Worse, he wouldn’t just be competing with Hillary, but Bill as well, and, well, I’m not sure that’s such a good idea.

But, let’s say they win, the partnership still wouldn’t be good for either of them. Or for the country, for that matter.

I only needed eight years of Bush/Cheney to know that I don’t want to go back to a co-presidency type President/Vice President relationship, which would be all too likely in an Obama/Clinton administration. But while Clinton may not be good for Obama as VP, I don’t think VP serves her well.
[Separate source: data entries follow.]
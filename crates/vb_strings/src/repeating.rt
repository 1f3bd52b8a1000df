//! Texts of one character many times.
ghost use Rattle.std.specs.Prelude.{◌≡◌, replicate};
ghost use Rattle.vb_value.specs.Errors.{reported};
ghost use Rattle.vb_value.specs.Outcome.{Answers, Gives};
ghost use Rattle.vb_strings.specs.Repeating as spec;
ghost use Rattle.vb_strings.specs.Results.{bounded};

use crate::results::count;
use std::alloc::Global;
use vb_value::{
    List, MOST_CHARACTERS, Memory, Text, Value, VbError, VbFault, is_null, the_argument, to_long,
};

/// `Space`.
pub fn space(alloc: Global, args: &[Value]) -> Result<Value, VbFault>
    ensures { Answers result VbFault.Memory (reported (bounded (spec.space_of args.now))) }
{
    let n = the_argument(args)?;
    repeated(alloc, to_long(n)?, ' ')
}

/// `String`.
pub fn string(alloc: Global, args: &[Value]) -> Result<Value, VbFault>
    ensures { Answers result VbFault.Memory (reported (bounded (spec.string_of args.now))) }
{
    match args {
        [n, c] if is_null(n) || is_null(c) => Ok(Value::Null),
        [n, c] => filled(alloc, n, c),
        _ => Err(VbError::WRONG_NUMBER)?,
    }
}

/// `String` where neither argument is Null.
fn filled(alloc: Global, n: &Value, c: &Value) -> Result<Value, VbFault>
    ensures { Answers result VbFault.Memory (reported (bounded (spec.filled n.now c.now))) }
{
    let number = to_long(n)?;
    let character = filling(c)?;
    repeated(alloc, number, character)
}

/// A character so many times; error 5 below 0, and 14 for more than a text may have.
fn repeated(alloc: Global, number: i32, character: char) -> Result<Value, VbFault>
    ensures { Answers result VbFault.Memory (reported (bounded (spec.repeated number character))) }
{
    let count = count(number)?;
    if MOST_CHARACTERS < count {
        return Err(VbError::OUT_OF_STRING_SPACE)?;
    }
    Ok(Value::Str(copies(alloc, count, character)?))
}

/// A character so many times.
fn copies(alloc: Global, count: usize, character: char) -> Result<Text, Memory>
    ensures { Gives result (replicate count character) }
{
    Ok(List::from_vec(vec![in alloc; character; count]?))
}

/// The character that `String` repeats: the first one of a text, or the one of a number.
fn filling(value: &Value) -> Result<char, VbError>
    ensures { result ≡ spec.filling_of value.now }
{
    match value {
        Value::Str(text) => first(text.as_slice()),
        _ => low_character(to_long(value)?),
    }
}

/// The first character of a text; error 5 where it has none.
pub fn first(text: &[char]) -> Result<char, VbError>
    ensures { result ≡ spec.first_of text.now }
{
    match text {
        [first, ..] => Ok(*first),
        [] => Err(VbError::INVALID_CALL),
    }
}

/// The character of a number, above 255 taken Mod 256; error 5 below 0.
fn low_character(number: i32) -> Result<char, VbError>
    ensures { result ≡ spec.low_character number }
{
    if number < 0 {
        return Err(VbError::INVALID_CALL);
    }
    Ok((number as u32 % 256) as u8 as char)
}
Second fiddle is not a role I think that is suited for her, nor do I think she would be happy with it. As Vice President, at least if Obama ran his administration the way it ought to be run, Clinton would have little to no power. To that end, she would have much more clout and pull if she went back to the Senate and became a significant part of the leadership there, or if she became governor, or was appointed to Obama’s cabinet.

One thing I learned about Clinton is that she is a doer, and VP is not a doer’s position. It’s a staging area for a presidential run, at best, but even that isn’t a lock.
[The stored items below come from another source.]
//! Texts cut at separators.
ghost use Rattle.std.specs.Prelude.{◌≡◌, ◌∷◌, [], map};
ghost use Rattle.vb_value.specs.declared.value.Value.{Str};
ghost use Rattle.vb_value.specs.Errors.{reported};
ghost use Rattle.vb_value.specs.Outcome.{Answers, Gives};
ghost use Rattle.vb_strings.specs.Results.{bounded};
ghost use Rattle.vb_strings.specs.Splitting as spec;

use crate::borders::borders;
use crate::comparing::{Comparison, comparison_named};
use crate::parts::{at_most, behind};
use crate::places::first_in;
use crate::results::most;
use crate::texts::as_text;
use std::alloc::Global;
use vb_value::{
    Array, List, MOST_CHARACTERS, Memory, Text, Value, VbError, VbFault, as_long, to_long,
};

/// `Split`.
pub fn split(alloc: Global, args: &[Value]) -> Result<Value, VbFault>
    ensures { Answers result VbFault.Memory (reported (bounded (spec.split_of args.now))) }
{
    match args {
        [s] => split_at_spaces(alloc, s),
        [s, d] => split_value(alloc, s, d, Ok(-1), Ok(Comparison::Exact)),
        [s, d, n] => split_value(alloc, s, d, to_long(n), Ok(Comparison::Exact)),
        [s, d, n, given] => split_value(alloc, s, d, to_long(n), comparison_named(given)),
        _ => Err(VbError::WRONG_NUMBER)?,
    }
}

/// `Split` where no separator is given.
fn split_at_spaces(alloc: Global, s: &Value) -> Result<Value, VbFault>
    ensures { Answers result VbFault.Memory (reported (bounded (spec.split_of (s.now ∷ [])))) }
{
    let space = one_space(alloc)?;
    split_value(alloc, s, &space, Ok(-1), Ok(Comparison::Exact))
}

/// A space, the separator where none is given.
pub fn one_space(alloc: Global) -> Result<Value, Memory>
    ensures { Gives result spec.one_space }
{
    Ok(Value::Str(Text::from_slice(alloc, &[' '])?))
}

/// `Split` with all its arguments.
fn split_value(
    alloc: Global,
    s: &Value,
    d: &Value,
    n: Result<i32, VbError>,
    comparison: Result<Comparison, VbError>,
) -> Result<Value, VbFault>
    ensures { Answers result VbFault.Memory (reported (bounded (spec.split_value s.now d.now n comparison))) }
{
    let text = as_text(alloc, s)?;
    let separator = as_text(alloc, d)?;
    let number = n?;
    let comparison = comparison?;
    split_array(alloc, comparison, text.text(), separator.text(), number)
}

/// At most so many parts of a text as an array, all for -1.
fn split_array(
    alloc: Global,
    comparison: Comparison,
    text: &Text,
    separator: &Text,
    number: i32,
) -> Result<Value, VbFault>
    ensures { Answers result VbFault.Memory (reported (bounded (spec.split_array comparison text.now separator.now number))) }
{
    let texts = split_text(alloc, comparison, text, separator, number)?;
    short_array(alloc, texts)
}

/// At most so many parts of a text, all for -1.
#[tactic(auto, unfolding(crate::specs::Splitting::split))]
fn split_text(
    alloc: Global,
    comparison: Comparison,
    text: &Text,
    separator: &Text,
    number: i32,
) -> Result<List<Text>, VbFault>
    ensures { Answers result VbFault.Memory (reported (spec.split comparison text.now separator.now number)) }
{
    if text.is_empty() {
        return Ok(List::new(alloc));
    }
    if separator.is_empty() {
        return Ok(whole(alloc, text.as_slice())?);
    }
    let most = most(text.as_slice().len() + 1, number)?;
    if most == 0 {
        return Ok(List::new(alloc));
    }
    Ok(parts(
        alloc,
        comparison,
        separator.as_slice(),
        most - 1,
        text.as_slice(),
    )?)
}

/// A text as one part.
pub fn whole(alloc: Global, text: &[char]) -> Result<List<Text>, Memory>
    ensures { Gives result (text.now ∷ []) }
{
    let mut parts = List::with_capacity(alloc, 1)?;
    parts.push(Text::from_slice(alloc, text)?)?;
    Ok(parts)
}

/// The parts of a text between the first so many of its separators.
#[tactic(auto, using(crate::proofs::Cuts::cut_more, crate::proofs::Cuts::cut_none, crate::proofs::Cuts::cut_nowhere))]
pub fn parts(
    alloc: Global,
    comparison: Comparison,
    separator: &[char],
    cuts: usize,
    text: &[char],
) -> Result<List<Text>, Memory>
    ensures { Gives result (spec.parts comparison separator.now cuts text.now) }
{
    let borders = borders(alloc, comparison, separator)?;
    let mut parts = List::new(alloc);
    let mut rest = text;
    let mut left = cuts;
    while 0 < left
        && let Some(before) = first_in(comparison, rest, separator, borders.as_slice())
    {
        parts.push(Text::from_slice(alloc, at_most(rest, before))?)?;
        rest = behind(rest, before + separator.len());
        left -= 1;
    }
    parts.push(Text::from_slice(alloc, rest)?)?;
    Ok(parts)
}

/// Texts as an array; error 14 where one is too long for an answer.
#[tactic(auto, using(crate::proofs::Bounds::array_same, crate::proofs::Bounds::array_refused))]
fn short_array(alloc: Global, texts: List<Text>) -> Result<Value, VbFault>
    ensures { Answers result VbFault.Memory (reported (bounded (spec.array_of texts))) }
{
    let short = are_short(texts.as_slice());
    let array = array(alloc, texts)?;
    if !short {
        return Err(VbError::OUT_OF_STRING_SPACE)?;
    }
    Ok(array)
}

/// Texts as an array.
fn array(alloc: Global, texts: List<Text>) -> Result<Value, VbFault>
    ensures { Answers result VbFault.Memory (reported (spec.array_of texts)) }
{
    let bound = as_long(texts.len() as i128 - 1)?;
    let bounds = List::from_slice(alloc, &[bound])?;
    let items = values(alloc, texts)?;
    Ok(Value::Arr(Array {
        bounds,
        fixed: false,
        items,
    }))
}

/// Whether none of the texts is too long for an answer.
fn are_short(texts: &[Text]) -> bool
    ensures { result ≡ spec.are_short texts.now }
{
    for text in texts {
        if MOST_CHARACTERS < text.len() {
            return false;
        }
    }
    true
}

/// Texts as values.
fn values(alloc: Global, texts: List<Text>) -> Result<List<Value>, Memory>
    ensures { Gives result (map Str texts) }
{
    let mut values = List::with_capacity(alloc, texts.len())?;
    for text in texts.into_vec() {
        values.push(Value::Str(text))?;
    }
    Ok(values)
}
An interesting idea I remembered reading from a while back was a spot on the Supreme Court for Clinton. I balked at that back then just like many of you are likely balking right now, but as I was driving home this morning, a strange thought hit me that kind of changed my perspective a little bit.

What would Clinton be like if she never had to campaign again? For much of their adult lives, the Clintons have been campaigning non stop, but I wonder how Hillary would proceed if the campaigning ended? It’s an interesting question I don’t think should be dismissed. In any case, it’s not likely to happen, but I would be intrigued to see how Clinton would rule from the bench after the pressures of the next election have been taken off of her.

Anyway.

No, for all the talk from so many people that the “unity ticket” would be unbeatable, I disagree. Simply put, they mix like oil and water, and I think once they were inaugurated, neither one would be very happy with the arrangement.
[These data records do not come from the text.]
//! The functions by their names.
ghost use Rattle.std.specs.Prelude.{◌≡◌, ◌≤◌, length};
ghost use Rattle.vb_value.specs.Errors.{reported};
ghost use Rattle.vb_value.specs.Outcome.{Answers};
ghost use Rattle.vb_strings.specs.Functions as spec;

use crate::characters::{asc, chr};
use crate::comparing::str_comp;
use crate::joining::join;
use crate::letters::{lcase, str_reverse, ucase};
use crate::parts::{left, len, ltrim, mid, right, rtrim, trim};
use crate::repeating::{space, string};
use crate::replacing::replace;
use crate::searching::{in_str, in_str_rev};
use crate::splitting::split;
use std::alloc::Global;
use vb_value::{StrFn, Value, VbFault};

/// What a function gives of its arguments (VBScript 5.6, "String Functions"). Errors: 450 for another number of
/// arguments than it takes, 94 for Null, 13 for an array, a text that is no number and a join of no array, 438 for an
/// object, 91 for Nothing, 6 out of range, 5 for a number or a text that the function does not take, 14 for an answer
/// of more than 1,048,576 characters, or one with such a part.
#[tactic(auto, using(crate::proofs::Bounds::same_answers))]
pub fn call_string(alloc: Global, f: StrFn, args: &[Value]) -> Result<Value, VbFault>
    requires few { length args.now ≤ 255 }
    ensures { Answers result VbFault.Memory (reported (spec.call_string_of f args.now)) }
{
    match f {
        StrFn::Len => len(alloc, args),
        StrFn::Left => left(alloc, args),
        StrFn::Right => right(alloc, args),
        StrFn::Mid => mid(alloc, args),
        StrFn::InStr => in_str(alloc, args),
        StrFn::InStrRev => in_str_rev(alloc, args),
        StrFn::LCase => lcase(alloc, args),
        StrFn::UCase => ucase(alloc, args),
        StrFn::Trim => trim(alloc, args),
        StrFn::LTrim => ltrim(alloc, args),
        StrFn::RTrim => rtrim(alloc, args),
        StrFn::Replace => replace(alloc, args),
        StrFn::Split => split(alloc, args),
        StrFn::Join => join(alloc, args),
        StrFn::StrReverse => str_reverse(alloc, args),
        StrFn::Space => space(alloc, args),
        StrFn::String => string(alloc, args),
        StrFn::StrComp => str_comp(alloc, args),
        StrFn::Asc | StrFn::AscW => asc(alloc, args),
        StrFn::Chr | StrFn::ChrW => chr(alloc, args),
    }
}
As I noted recently, there’s been talk of appointing Clinton to the cabinet, an appointment that would put her on the front line of the healthcare debate. That’s probably the right spot for her. Assuming Obama wins theĀ  election (something I think would be shaky for just about ANY Democratic candidate given the size of the mess they would have to clean up), bump Clinton up to Secretary of State, and maybe start pushing for her to be the presumptive nominee.

But Veep’s just not a good call.

More at Memeorandum: Ben Smith’s Blogs, The Moderate Voice, Political Machine, American Street, The Raw Story, Top of the Ticket, TalkLeft, Fox News, Truthdig, The Glittering Eye, skippy the bush kangaroo, TIME.com and Gateway Pundit

(edited by DrGail)

One Response to “A Drag on the Ticket”

  1. DrGail says:

    I heard a very interesting perspective this morning: Those “blue collar white voters” in Appalachia, some of whom may or may not be among the ranks of the “defectors”, didn’t so much vote for Hillary as they voted against Obama.

    If that’s so, they won’t vote for the unity ticket under any circumstances. With that in mind, all the numerous negatives associated with the unity ticket far outweigh the benefits since the likely benefits would be almost nonexistent.

    Further, it kind of puts into perspective the insistence that Hillary’s supporters will vote for McCain rather than Obama in the general election: they aren’t Hillary supporters because of her policies or because they support the values of the Democratic party. Rather, they supported her because she wasn’t Obama. Given a choice between Obama and some really creepy old guy, they actually prefer the really creepy old guy.

    With this in mind, I agree with your conclusions: good riddance to them. They’re just not that important.